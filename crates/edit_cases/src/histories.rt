// Histories of entries, and what a desk says of each.
ghost use Rattle.std.specs.Prelude.{◌≡◌};
ghost use Rattle.edit_rules.specs.Verdicts.{verdict};
ghost use Rattle.edit_rules.specs.declared.verdict.Verdict.TheVariants.{Accept};

use case_tables::{CaseFault, TableFiles, number_of, text_in};
use edit_desk::Desk;
use edit_entries::Entry;
use edit_rules::Verdict;
use http_lines::{entry_of, last_lines};
use project_model::Change;
use std::alloc::{AllocError, Global};

/// Takes an accepted entry, and puts its serial and the first id that was free before it.
fn accept(
    alloc: Global,
    out: &mut String,
    desk: &mut Desk,
    entry: Entry,
    change: Change,
) -> Result<(), AllocError>
    requires { verdict desk.old.history entry ≡ Accept change }
{
    desk.reserve(alloc, &change)?;
    let serial = desk.commit(entry, change);
    put_serial(out, desk, "Accept", serial)
}

fn put_serial(out: &mut String, desk: &Desk, word: &str, serial: u32) -> Result<(), AllocError> {
    match desk.first_id(serial) {
        Some(id) => writeln!(out, "> {word} {{ serial: {serial}, first_id: {id} }}"),
        None => writeln!(out, "> {word} {{ serial: {serial} }}"),
    }
}

/// Judges an entry, takes it where it is accepted, and puts the verdict.
fn take(alloc: Global, out: &mut String, desk: &mut Desk, entry: Entry) -> Result<(), AllocError> {
    match desk.judge(alloc, &entry)? {
        Verdict::Accept { change } => accept(alloc, out, desk, entry, change),
        Verdict::Repeat { serial } => {
            drop(entry);
            put_serial(out, desk, "Repeat", serial)
        }
        Verdict::Refused { fault } => {
            drop(entry);
            writeln!(out, "> {fault:?}")
        }
    }
}

/// Judges the entries of a file in their order. Answers the verdicts, a line each.
pub fn play(
    alloc: Global,
    desk: &mut Desk,
    file: &str,
    files: &TableFiles,
) -> Result<String, CaseFault> {
    let mut out = String::new(alloc);
    let text = text_in(alloc, files.find(file)?)?;
    for line in text.lines() {
        let entry = entry_of(alloc, line, files)?;
        take(alloc, &mut out, desk, entry)?;
    }
    Ok(out)
}

fn all_verdicts(alloc: Global, file: &str, files: &TableFiles) -> Result<String, CaseFault> {
    let mut desk = Desk::new(alloc);
    let text = play(alloc, &mut desk, file, files);
    drop(desk);
    text
}

/// The verdicts on the entries of a file, or so many at the end: `h`, `h last 2`.
pub fn verdicts(alloc: Global, words: &str, files: &TableFiles) -> Result<String, CaseFault> {
    match words.split_once(" last ") {
        None => all_verdicts(alloc, words, files),
        Some((file, count)) => {
            let text = all_verdicts(alloc, file, files)?;
            Ok(last_lines(alloc, text.as_str(), number_of(count)?)?)
        }
    }
}
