// Reports on the project of a history.
use crate::histories::play;
use board_core::Board;
use case_tables::{CaseFault, TableFiles, name_of, text_in};
use drc_rules::Matrix;
use edit_desk::Desk;
use geda_model::Name;
use http_lines::AnswerLines;
use project_model::Project;
use reports::{Form, ReportFault, What, report};
use std::alloc::Global;

/// What a word asks for of the whole project.
fn whole_of(asked: &str) -> Result<What, CaseFault> {
    match asked {
        "list" => Ok(What::Net(Form::List)),
        "drc" => Ok(What::Drc),
        "sheets" => Ok(What::Sheets),
        _ => Err(CaseFault::BadCase),
    }
}

/// What a word asks for of a sheet or a symbol.
fn part_of(asked: &str, name: Name) -> Result<What, CaseFault> {
    match asked {
        "objects" => Ok(What::Objects(name)),
        "sheet" => Ok(What::Sheet(name)),
        "symbol" => Ok(What::Symbol(name)),
        _ => Err(CaseFault::BadCase),
    }
}

/// What words ask for: `list`, `sheet s.sch`.
fn what_of(alloc: Global, asked: &str) -> Result<What, CaseFault> {
    match asked.split_once(' ') {
        None => whole_of(asked),
        Some((asked, name)) => part_of(asked, name_of(alloc, name)?),
    }
}

/// The text of a report, or its fault.
fn told(alloc: Global, board: &Board, what: &What) -> Result<String, CaseFault> {
    match report(alloc, board, what, &Matrix::usual()) {
        Ok(text) => text_in(alloc, text.as_slice()),
        Err(ReportFault::NoMemory) => Err(CaseFault::NoMemory),
        Err(fault) => Ok(format!(in alloc; "{fault:?}")?),
    }
}

fn report_on(alloc: Global, project: &Project, asked: &str) -> Result<String, CaseFault> {
    let what = what_of(alloc, asked)?;
    let board = Board::of(alloc, project)?;
    let text = told(alloc, &board, &what);
    drop(board);
    text
}

fn report_of(
    alloc: Global,
    desk: &mut Desk,
    words: &str,
    files: &TableFiles,
) -> Result<String, CaseFault> {
    let (file, asked) = words.split_once(": ").ok_or(CaseFault::BadCase)?;
    play(alloc, desk, file, files)?;
    report_on(alloc, desk.project(), asked)
}

fn text_after(alloc: Global, words: &str, files: &TableFiles) -> Result<String, CaseFault> {
    let mut desk = Desk::new(alloc);
    let text = report_of(alloc, &mut desk, words, files);
    drop(desk);
    text
}

/// A report after the entries of a file: `h: list`.
pub fn report_after(alloc: Global, words: &str, files: &TableFiles) -> Result<String, CaseFault> {
    let text = text_after(alloc, words, files)?;
    let mut out = String::new(alloc);
    for line in text.as_str().lines() {
        writeln!(out, "> {line}")?;
    }
    Ok(out)
}

/// The same, in which equal lines that follow each other stand once.
pub fn runs_after(alloc: Global, words: &str, files: &TableFiles) -> Result<String, CaseFault> {
    let text = text_after(alloc, words, files)?;
    let mut lines = AnswerLines::new(alloc);
    for line in text.as_str().lines() {
        lines.put(String::from_str(alloc, line)?)?;
    }
    Ok(lines.into_text()?)
}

What is being asked
Every record in the listing above is to be copied exactly.

Exercise answer
filename crates/edit_cases/src/histories.rt
// Histories of entries, and what a desk says of each.
ghost use Rattle.std.specs.Prelude.{◌≡◌};
ghost use Rattle.edit_rules.specs.Verdicts.{verdict};
ghost use Rattle.edit_rules.specs.declared.verdict.Verdict.TheVariants.{Accept};

use case_tables::{CaseFault, TableFiles, number_of, text_in};
use edit_desk::Desk;
use edit_entries::Entry;
use edit_rules::Verdict;
use http_lines::{entry_of, last_lines};
use project_model::Change;
use std::alloc::{AllocError, Global};

/// Takes an accepted entry, and puts its serial and the first id that was free before it.
fn accept(
    alloc: Global,
    out: &mut String,
    desk: &mut Desk,
    entry: Entry,
    change: Change,
) -> Result<(), AllocError>
    requires { verdict desk.old.history entry ≡ Accept change }
{
    desk.reserve(alloc, &change)?;
    let serial = desk.commit(entry, change);
    put_serial(out, desk, "Accept", serial)
}

fn put_serial(out: &mut String, desk: &Desk, word: &str, serial: u32) -> Result<(), AllocError> {
    match desk.first_id(serial) {
        Some(id) => writeln!(out, "> {word} {{ serial: {serial}, first_id: {id} }}"),
        None => writeln!(out, "> {word} {{ serial: {serial} }}"),
    }
}

/// Judges an entry, takes it where it is accepted, and puts the verdict.
fn take(alloc: Global, out: &mut String, desk: &mut Desk, entry: Entry) -> Result<(), AllocError> {
    match desk.judge(alloc, &entry)? {
        Verdict::Accept { change } => accept(alloc, out, desk, entry, change),
        Verdict::Repeat { serial } => {
            drop(entry);
            put_serial(out, desk, "Repeat", serial)
        }
        Verdict::Refused { fault } => {
            drop(entry);
            writeln!(out, "> {fault:?}")
        }
    }
}

/// Judges the entries of a file in their order. Answers the verdicts, a line each.
pub fn play(
    alloc: Global,
    desk: &mut Desk,
    file: &str,
    files: &TableFiles,
) -> Result<String, CaseFault> {
    let mut out = String::new(alloc);
    let text = text_in(alloc, files.find(file)?)?;
    for line in text.lines() {
        let entry = entry_of(alloc, line, files)?;
        take(alloc, &mut out, desk, entry)?;
    }
    Ok(out)
}

fn all_verdicts(alloc: Global, file: &str, files: &TableFiles) -> Result<String, CaseFault> {
    let mut desk = Desk::new(alloc);
    let text = play(alloc, &mut desk, file, files);
    drop(desk);
    text
}

/// The verdicts on the entries of a file, or so many at the end: `h`, `h last 2`.
pub fn verdicts(alloc: Global, words: &str, files: &TableFiles) -> Result<String, CaseFault> {
    match words.split_once(" last ") {
        None => all_verdicts(alloc, words, files),
        Some((file, count)) => {
            let text = all_verdicts(alloc, file, files)?;
            Ok(last_lines(alloc, text.as_str(), number_of(count)?)?)
        }
    }
}
// Reports on the project of a history.
use crate::histories::play;
use board_core::Board;
use case_tables::{CaseFault, TableFiles, name_of, text_in};
use drc_rules::Matrix;
use edit_desk::Desk;
use geda_model::Name;
use http_lines::AnswerLines;
use project_model::Project;
use reports::{Form, ReportFault, What, report};
use std::alloc::Global;

/// What a word asks for of the whole project.
fn whole_of(asked: &str) -> Result<What, CaseFault> {
    match asked {
        "list" => Ok(What::Net(Form::List)),
        "drc" => Ok(What::Drc),
        "sheets" => Ok(What::Sheets),
        _ => Err(CaseFault::BadCase),
    }
}

/// What a word asks for of a sheet or a symbol.
fn part_of(asked: &str, name: Name) -> Result<What, CaseFault> {
    match asked {
        "objects" => Ok(What::Objects(name)),
        "sheet" => Ok(What::Sheet(name)),
        "symbol" => Ok(What::Symbol(name)),
        _ => Err(CaseFault::BadCase),
    }
}

/// What words ask for: `list`, `sheet s.sch`.
fn what_of(alloc: Global, asked: &str) -> Result<What, CaseFault> {
    match asked.split_once(' ') {
        None => whole_of(asked),
        Some((asked, name)) => part_of(asked, name_of(alloc, name)?),
    }
}

/// The text of a report, or its fault.
fn told(alloc: Global, board: &Board, what: &What) -> Result<String, CaseFault> {
    match report(alloc, board, what, &Matrix::usual()) {
        Ok(text) => text_in(alloc, text.as_slice()),
        Err(ReportFault::NoMemory) => Err(CaseFault::NoMemory),
        Err(fault) => Ok(format!(in alloc; "{fault:?}")?),
    }
}

fn report_on(alloc: Global, project: &Project, asked: &str) -> Result<String, CaseFault> {
    let what = what_of(alloc, asked)?;
    let board = Board::of(alloc, project)?;
    let text = told(alloc, &board, &what);
    drop(board);
    text
}

fn report_of(
    alloc: Global,
    desk: &mut Desk,
    words: &str,
    files: &TableFiles,
) -> Result<String, CaseFault> {
    let (file, asked) = words.split_once(": ").ok_or(CaseFault::BadCase)?;
    play(alloc, desk, file, files)?;
    report_on(alloc, desk.project(), asked)
}

fn text_after(alloc: Global, words: &str, files: &TableFiles) -> Result<String, CaseFault> {
    let mut desk = Desk::new(alloc);
    let text = report_of(alloc, &mut desk, words, files);
    drop(desk);
    text
}

/// A report after the entries of a file: `h: list`.
pub fn report_after(alloc: Global, words: &str, files: &TableFiles) -> Result<String, CaseFault> {
    let text = text_after(alloc, words, files)?;
    let mut out = String::new(alloc);
    for line in text.as_str().lines() {
        writeln!(out, "> {line}")?;
    }
    Ok(out)
}

/// The same, in which equal lines that follow each other stand once.
pub fn runs_after(alloc: Global, words: &str, files: &TableFiles) -> Result<String, CaseFault> {
    let text = text_after(alloc, words, files)?;
    let mut lines = AnswerLines::new(alloc);
    for line in text.as_str().lines() {
        lines.put(String::from_str(alloc, line)?)?;
    }
    Ok(lines.into_text()?)
}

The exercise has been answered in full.